# What to produce
Take the entries below and print, exactly, the stretch from the line containing "a cursor, and" through the line containing "self.new.last ≡ result", both included.

Collected data entries
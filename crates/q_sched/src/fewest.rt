//! A guide that eliminates variables, those with the fewest occurrences first.
//!
//! **The idea.** The fewer clauses hold a variable, the fewer resolvents come in their place. So the existential with the
//! fewest occurrences is tried first, then the one with the next fewest; once one has gone, it starts again.
//!
//! **Source.** Sathiamoorthy Subbarayan and Dhiraj Pradhan, "NiVER" (SAT 2004); Niklas Eén and Armin Biere, "Effective
//! preprocessing in SAT through variable and clause elimination" (SAT 2005); for prefixes Armin Biere, Florian Lonsing and
//! Martina Seidl, "Blocked clause elimination for QBF" (CADE 2011, Bloqqer).
//!
//! **How it is found.** By a heap of pairs of number of occurrences and variable (`rounds.rt`).
ghost use Rattle.std.specs.Prelude.{◌≡◌};
ghost use Rattle.q_kernel.specs.Prelude.{IsReady};
ghost use Rattle.q_sched.specs.Kinds.{IsElimination};
ghost use Rattle.q_sched.specs.declared.guide.Proposal.TheVariants.{Done};
ghost use Rattle.q_logic.specs.Prelude.{Rose};

use crate::ascending::{Ascending, Key};
use crate::guide::{Guide, Proposal};
use crate::moves::Move;
use crate::rounds::{Keyed, Rounds};
use q_kernel::{ClauseId, Kernel, Touch};
use q_logic::{Lit, NoMemory};
use q_rule::is_existential;

// The existential variables by number of occurrences.
#[derive(Drop)]
struct Variables;

fn put_clause(keys: &mut Ascending, kernel: &Kernel, id: ClauseId) -> Result<(), NoMemory> {
    if !kernel.live(id) {
        return Ok(());
    }
    for lit in kernel.lits(id) {
        keys.put(Variables::key_of(kernel, lit.var()))?;
    }
    Ok(())
}

impl Keyed for Variables {
    fn key_of(kernel: &Kernel, var: u32) -> Option<Key> {
        if var == 0 || var >= 2_147_483_648 || !is_existential(kernel, var) {
            return None;
        }
        let negative = kernel.count(Lit::new(var, true));
        let positive = kernel.count(Lit::new(var, false));
        Some((negative.saturating_add(positive), var))
    }

    fn next_item(kernel: &Kernel, from: u32) -> Option<u32> {
        (from <= kernel.greatest_var()).then_some(from)
    }

    fn put_touched(keys: &mut Ascending, kernel: &Kernel, touch: Touch) -> Result<(), NoMemory> {
        match touch {
            Touch::Clause(id) => put_clause(keys, kernel, id),
            Touch::Literal(lit) => keys.put(Self::key_of(kernel, lit.var())),
            Touch::Variable(var) => keys.put(Self::key_of(kernel, var)),
        }
    }
}

/// Proposes to eliminate the existential with the least pair of number of occurrences and variable above a cursor, and
/// starts again once a proposal was taken.
#[derive(Drop)]
pub struct FewestFirst {
    rounds: Rounds<Variables>,
    asked: u64,
    last: Proposal,
    heard: bool,
}

impl FewestFirst {
    pub fn new() -> FewestFirst
        ensures asked { ⟦<FewestFirst as Guide>⟧.asked result ≡ 0 }
        ensures last { ⟦<FewestFirst as Guide>⟧.last result ≡ Done }
    {
        FewestFirst {
            rounds: Rounds::new(),
            asked: 0,
            last: Proposal::Done,
            heard: false,
        }
    }
}

impl Guide for FewestFirst {
    ghost asked = { λ g. g.asked };

    ghost last = { λ g. g.last };

    ghost heard = { λ g. g.heard };

    fn propose(&mut self, kernel: &Kernel) -> Proposal
        requires ready { IsReady kernel.now }
        ensures answer { self.new.last ≡ result }
        ensures rises { Rose self.old.asked self.new.asked }
        ensures kind { IsElimination result }
    {
        self.asked = self.asked.saturating_add(1);
        self.last = match self.rounds.next(kernel) {
            Ok(Some(x)) => Proposal::Take(Move::Eliminate(q_eliminate::Target::Eliminate { x })),
            Ok(None) => Proposal::Done,
            Err(NoMemory) => Proposal::NoMemory,
        };
        self.last
    }

    fn told(&mut self, taken: bool) {
        self.heard = taken;
        self.rounds.told(taken);
    }
}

# Reply to the exercise
/// Proposes to eliminate the existential with the least pair of number of occurrences and variable above a cursor, and
/// starts again once a proposal was taken.
#[derive(Drop)]
pub struct FewestFirst {
    rounds: Rounds<Variables>,
    asked: u64,
    last: Proposal,
    heard: bool,
}

impl FewestFirst {
    pub fn new() -> FewestFirst
        ensures asked { ⟦<FewestFirst as Guide>⟧.asked result ≡ 0 }
        ensures last { ⟦<FewestFirst as Guide>⟧.last result ≡ Done }
    {
        FewestFirst {
            rounds: Rounds::new(),
            asked: 0,
            last: Proposal::Done,
            heard: false,
        }
    }
}

impl Guide for FewestFirst {
    ghost asked = { λ g. g.asked };

    ghost last = { λ g. g.last };

    ghost heard = { λ g. g.heard };

    fn propose(&mut self, kernel: &Kernel) -> Proposal
        requires ready { IsReady kernel.now }
        ensures answer { self.new.last ≡ result }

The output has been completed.